┌────────
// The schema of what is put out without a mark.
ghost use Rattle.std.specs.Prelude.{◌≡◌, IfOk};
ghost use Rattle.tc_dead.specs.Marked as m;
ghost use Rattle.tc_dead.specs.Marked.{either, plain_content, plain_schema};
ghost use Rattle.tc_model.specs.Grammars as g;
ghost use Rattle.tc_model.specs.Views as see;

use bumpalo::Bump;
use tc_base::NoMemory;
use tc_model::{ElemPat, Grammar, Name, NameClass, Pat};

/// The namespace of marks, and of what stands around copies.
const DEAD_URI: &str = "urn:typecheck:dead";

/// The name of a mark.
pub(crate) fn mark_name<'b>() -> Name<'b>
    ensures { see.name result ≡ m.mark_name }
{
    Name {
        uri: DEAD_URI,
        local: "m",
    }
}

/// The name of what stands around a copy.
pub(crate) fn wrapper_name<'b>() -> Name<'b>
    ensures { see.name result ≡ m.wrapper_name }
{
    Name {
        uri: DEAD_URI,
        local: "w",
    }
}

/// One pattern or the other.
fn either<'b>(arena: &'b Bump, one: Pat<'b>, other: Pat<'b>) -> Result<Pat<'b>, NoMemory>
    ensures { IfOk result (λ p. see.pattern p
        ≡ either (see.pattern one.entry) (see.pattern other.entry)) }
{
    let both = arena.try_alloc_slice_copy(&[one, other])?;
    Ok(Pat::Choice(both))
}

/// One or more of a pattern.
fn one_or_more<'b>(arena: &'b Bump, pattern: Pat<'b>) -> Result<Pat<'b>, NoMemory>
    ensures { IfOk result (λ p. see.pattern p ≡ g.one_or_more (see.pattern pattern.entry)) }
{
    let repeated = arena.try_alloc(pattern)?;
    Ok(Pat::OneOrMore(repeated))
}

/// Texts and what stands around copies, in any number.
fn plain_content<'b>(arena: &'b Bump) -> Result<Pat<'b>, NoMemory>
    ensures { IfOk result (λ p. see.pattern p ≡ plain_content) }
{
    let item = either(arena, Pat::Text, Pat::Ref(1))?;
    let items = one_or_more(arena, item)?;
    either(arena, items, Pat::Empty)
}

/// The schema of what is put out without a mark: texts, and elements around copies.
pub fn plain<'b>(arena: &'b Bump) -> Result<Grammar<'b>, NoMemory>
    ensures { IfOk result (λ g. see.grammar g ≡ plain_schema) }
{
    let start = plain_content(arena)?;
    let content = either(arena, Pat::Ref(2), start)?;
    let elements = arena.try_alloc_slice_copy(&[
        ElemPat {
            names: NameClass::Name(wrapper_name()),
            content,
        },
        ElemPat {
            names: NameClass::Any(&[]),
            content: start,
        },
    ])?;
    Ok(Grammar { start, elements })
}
└────────
┌────────
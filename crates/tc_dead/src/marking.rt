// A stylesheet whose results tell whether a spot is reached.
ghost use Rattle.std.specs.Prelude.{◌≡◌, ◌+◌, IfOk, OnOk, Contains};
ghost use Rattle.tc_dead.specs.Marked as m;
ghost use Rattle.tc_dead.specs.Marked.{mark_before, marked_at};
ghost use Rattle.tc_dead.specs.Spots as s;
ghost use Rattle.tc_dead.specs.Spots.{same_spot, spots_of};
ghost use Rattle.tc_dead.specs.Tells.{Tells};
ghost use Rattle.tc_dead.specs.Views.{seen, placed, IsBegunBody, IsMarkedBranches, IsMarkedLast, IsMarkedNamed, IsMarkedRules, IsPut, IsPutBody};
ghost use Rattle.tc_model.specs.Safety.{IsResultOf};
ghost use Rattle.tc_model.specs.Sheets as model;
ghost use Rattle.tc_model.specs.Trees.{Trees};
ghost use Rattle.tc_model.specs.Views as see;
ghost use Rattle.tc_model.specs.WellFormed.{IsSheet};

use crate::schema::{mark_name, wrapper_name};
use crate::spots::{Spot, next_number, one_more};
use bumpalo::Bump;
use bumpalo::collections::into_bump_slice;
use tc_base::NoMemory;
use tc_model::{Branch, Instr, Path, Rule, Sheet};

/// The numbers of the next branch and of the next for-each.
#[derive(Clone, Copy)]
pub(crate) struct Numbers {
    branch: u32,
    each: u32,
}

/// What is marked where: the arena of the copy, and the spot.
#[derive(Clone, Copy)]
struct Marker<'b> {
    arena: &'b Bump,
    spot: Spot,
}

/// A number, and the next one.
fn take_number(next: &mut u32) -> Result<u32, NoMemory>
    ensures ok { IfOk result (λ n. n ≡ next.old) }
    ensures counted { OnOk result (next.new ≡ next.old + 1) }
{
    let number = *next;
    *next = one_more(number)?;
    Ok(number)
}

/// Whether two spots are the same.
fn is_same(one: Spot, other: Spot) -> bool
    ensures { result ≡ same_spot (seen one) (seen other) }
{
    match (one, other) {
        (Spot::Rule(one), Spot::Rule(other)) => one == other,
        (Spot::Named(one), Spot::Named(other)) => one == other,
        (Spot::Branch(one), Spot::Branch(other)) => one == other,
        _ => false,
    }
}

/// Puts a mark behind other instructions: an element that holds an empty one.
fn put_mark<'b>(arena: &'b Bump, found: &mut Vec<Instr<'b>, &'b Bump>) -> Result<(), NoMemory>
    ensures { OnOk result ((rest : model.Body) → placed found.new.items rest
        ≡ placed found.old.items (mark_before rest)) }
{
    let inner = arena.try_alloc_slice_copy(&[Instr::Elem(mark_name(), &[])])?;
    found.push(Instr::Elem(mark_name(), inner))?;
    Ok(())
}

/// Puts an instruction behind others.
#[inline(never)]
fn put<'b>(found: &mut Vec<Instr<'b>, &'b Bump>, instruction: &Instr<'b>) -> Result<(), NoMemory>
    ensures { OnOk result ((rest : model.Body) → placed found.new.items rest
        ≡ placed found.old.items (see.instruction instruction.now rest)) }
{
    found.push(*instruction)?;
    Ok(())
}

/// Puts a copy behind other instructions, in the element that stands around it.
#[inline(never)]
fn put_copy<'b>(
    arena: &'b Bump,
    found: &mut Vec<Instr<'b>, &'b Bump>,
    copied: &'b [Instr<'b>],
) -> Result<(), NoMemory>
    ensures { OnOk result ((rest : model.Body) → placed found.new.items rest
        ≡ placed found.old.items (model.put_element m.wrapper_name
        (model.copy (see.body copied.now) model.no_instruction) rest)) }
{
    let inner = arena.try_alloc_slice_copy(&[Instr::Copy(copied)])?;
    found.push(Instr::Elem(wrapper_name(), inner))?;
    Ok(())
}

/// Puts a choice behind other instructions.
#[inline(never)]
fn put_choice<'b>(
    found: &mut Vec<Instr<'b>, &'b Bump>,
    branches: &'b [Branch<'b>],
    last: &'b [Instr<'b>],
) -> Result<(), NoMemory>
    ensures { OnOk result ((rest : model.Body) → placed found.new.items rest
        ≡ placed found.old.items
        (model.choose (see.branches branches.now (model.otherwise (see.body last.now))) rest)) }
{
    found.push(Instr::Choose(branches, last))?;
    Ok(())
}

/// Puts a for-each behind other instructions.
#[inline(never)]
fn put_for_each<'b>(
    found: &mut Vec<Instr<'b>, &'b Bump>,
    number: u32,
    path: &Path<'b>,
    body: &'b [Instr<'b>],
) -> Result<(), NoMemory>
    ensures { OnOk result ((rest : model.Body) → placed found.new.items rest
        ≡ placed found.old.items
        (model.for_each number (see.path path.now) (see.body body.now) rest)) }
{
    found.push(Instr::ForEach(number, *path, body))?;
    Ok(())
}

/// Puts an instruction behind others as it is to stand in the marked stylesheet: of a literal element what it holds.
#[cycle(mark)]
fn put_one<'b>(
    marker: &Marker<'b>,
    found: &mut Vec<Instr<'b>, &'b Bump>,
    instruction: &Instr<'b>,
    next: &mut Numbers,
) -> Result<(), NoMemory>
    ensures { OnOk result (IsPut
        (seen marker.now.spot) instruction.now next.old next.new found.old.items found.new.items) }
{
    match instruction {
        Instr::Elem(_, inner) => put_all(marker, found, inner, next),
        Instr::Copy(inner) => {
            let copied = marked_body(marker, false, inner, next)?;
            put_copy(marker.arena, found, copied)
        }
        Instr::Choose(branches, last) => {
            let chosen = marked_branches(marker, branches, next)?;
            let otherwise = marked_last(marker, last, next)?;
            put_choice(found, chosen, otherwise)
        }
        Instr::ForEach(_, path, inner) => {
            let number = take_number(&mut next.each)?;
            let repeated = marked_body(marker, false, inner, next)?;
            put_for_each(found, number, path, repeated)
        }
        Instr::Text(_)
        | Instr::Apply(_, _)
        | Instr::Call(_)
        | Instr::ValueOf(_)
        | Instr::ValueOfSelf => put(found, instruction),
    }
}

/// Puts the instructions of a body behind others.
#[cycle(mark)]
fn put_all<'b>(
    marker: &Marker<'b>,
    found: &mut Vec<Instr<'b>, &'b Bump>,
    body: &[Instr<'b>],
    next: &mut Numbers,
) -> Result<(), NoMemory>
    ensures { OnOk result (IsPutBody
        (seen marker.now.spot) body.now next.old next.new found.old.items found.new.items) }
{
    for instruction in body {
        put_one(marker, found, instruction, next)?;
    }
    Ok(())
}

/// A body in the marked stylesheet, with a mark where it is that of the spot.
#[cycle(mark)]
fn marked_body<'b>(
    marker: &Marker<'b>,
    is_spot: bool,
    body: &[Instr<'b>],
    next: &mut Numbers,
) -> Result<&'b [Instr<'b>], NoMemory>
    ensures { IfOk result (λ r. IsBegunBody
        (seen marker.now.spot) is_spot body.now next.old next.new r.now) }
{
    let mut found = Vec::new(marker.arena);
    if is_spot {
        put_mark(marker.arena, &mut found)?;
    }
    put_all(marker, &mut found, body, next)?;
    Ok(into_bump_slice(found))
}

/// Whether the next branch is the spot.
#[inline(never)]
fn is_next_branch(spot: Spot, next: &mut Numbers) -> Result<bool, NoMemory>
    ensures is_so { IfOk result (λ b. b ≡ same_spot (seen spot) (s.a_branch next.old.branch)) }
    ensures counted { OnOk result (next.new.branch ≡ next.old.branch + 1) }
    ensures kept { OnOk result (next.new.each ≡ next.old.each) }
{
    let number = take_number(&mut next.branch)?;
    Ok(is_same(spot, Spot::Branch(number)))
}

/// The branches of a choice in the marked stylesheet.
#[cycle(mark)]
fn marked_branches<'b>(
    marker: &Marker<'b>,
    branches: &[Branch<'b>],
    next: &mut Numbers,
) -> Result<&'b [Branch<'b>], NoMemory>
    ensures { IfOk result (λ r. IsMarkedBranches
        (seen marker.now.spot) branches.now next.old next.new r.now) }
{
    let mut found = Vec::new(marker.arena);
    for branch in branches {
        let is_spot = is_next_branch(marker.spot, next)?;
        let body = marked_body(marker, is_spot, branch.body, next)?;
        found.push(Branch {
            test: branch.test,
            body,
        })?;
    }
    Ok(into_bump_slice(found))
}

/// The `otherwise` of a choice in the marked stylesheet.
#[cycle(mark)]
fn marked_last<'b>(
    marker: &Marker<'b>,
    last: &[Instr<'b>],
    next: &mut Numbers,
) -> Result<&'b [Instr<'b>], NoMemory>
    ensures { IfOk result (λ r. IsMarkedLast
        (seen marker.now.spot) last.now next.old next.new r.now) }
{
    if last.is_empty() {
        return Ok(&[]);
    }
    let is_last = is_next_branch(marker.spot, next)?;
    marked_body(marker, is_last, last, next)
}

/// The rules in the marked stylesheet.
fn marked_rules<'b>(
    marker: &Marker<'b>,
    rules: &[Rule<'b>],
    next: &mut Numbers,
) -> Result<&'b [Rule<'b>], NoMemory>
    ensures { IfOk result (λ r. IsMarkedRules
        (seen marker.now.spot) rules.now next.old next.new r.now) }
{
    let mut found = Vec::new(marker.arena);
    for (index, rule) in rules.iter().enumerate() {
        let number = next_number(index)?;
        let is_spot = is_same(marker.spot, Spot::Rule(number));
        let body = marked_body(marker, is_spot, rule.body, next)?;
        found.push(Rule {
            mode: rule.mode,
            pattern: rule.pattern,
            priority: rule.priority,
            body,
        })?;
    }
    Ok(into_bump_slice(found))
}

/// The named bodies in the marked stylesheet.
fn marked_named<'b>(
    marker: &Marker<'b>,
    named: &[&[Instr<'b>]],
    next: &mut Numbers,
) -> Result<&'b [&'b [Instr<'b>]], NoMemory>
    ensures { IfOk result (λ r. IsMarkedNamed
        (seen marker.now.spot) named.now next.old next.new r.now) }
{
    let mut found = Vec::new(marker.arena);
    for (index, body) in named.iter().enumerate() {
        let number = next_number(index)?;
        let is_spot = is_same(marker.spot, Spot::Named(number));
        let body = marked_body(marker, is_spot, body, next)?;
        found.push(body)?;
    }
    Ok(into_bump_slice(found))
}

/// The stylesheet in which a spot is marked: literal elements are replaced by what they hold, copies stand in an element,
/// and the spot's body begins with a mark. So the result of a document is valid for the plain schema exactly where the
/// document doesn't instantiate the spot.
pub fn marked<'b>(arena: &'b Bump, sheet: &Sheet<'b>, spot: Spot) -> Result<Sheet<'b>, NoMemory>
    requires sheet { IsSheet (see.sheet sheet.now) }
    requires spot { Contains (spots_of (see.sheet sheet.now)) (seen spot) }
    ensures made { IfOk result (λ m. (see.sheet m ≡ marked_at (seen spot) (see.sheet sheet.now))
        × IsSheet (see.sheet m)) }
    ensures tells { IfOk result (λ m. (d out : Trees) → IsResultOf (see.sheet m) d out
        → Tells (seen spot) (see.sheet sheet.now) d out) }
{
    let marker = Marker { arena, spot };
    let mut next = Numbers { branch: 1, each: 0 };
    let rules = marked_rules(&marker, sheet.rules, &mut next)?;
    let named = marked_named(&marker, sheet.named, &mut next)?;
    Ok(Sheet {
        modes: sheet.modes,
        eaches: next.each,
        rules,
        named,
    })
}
└────────
#### [What is being asked]
Retype the entries above exactly, but only from the line containing "without a mark." through the line containing "name of a mark.", both included.

#### [Response]
// The schema of what is put out without a mark.
ghost use Rattle.std.specs.Prelude.{◌≡◌, IfOk};
ghost use Rattle.tc_dead.specs.Marked as m;
ghost use Rattle.tc_dead.specs.Marked.{either, plain_content, plain_schema};
ghost use Rattle.tc_model.specs.Grammars as g;
ghost use Rattle.tc_model.specs.Views as see;

use bumpalo::Bump;
use tc_base::NoMemory;
use tc_model::{ElemPat, Grammar, Name, NameClass, Pat};

/// The namespace of marks, and of what stands around copies.
const DEAD_URI: &str = "urn:typecheck:dead";

/// The name of a mark.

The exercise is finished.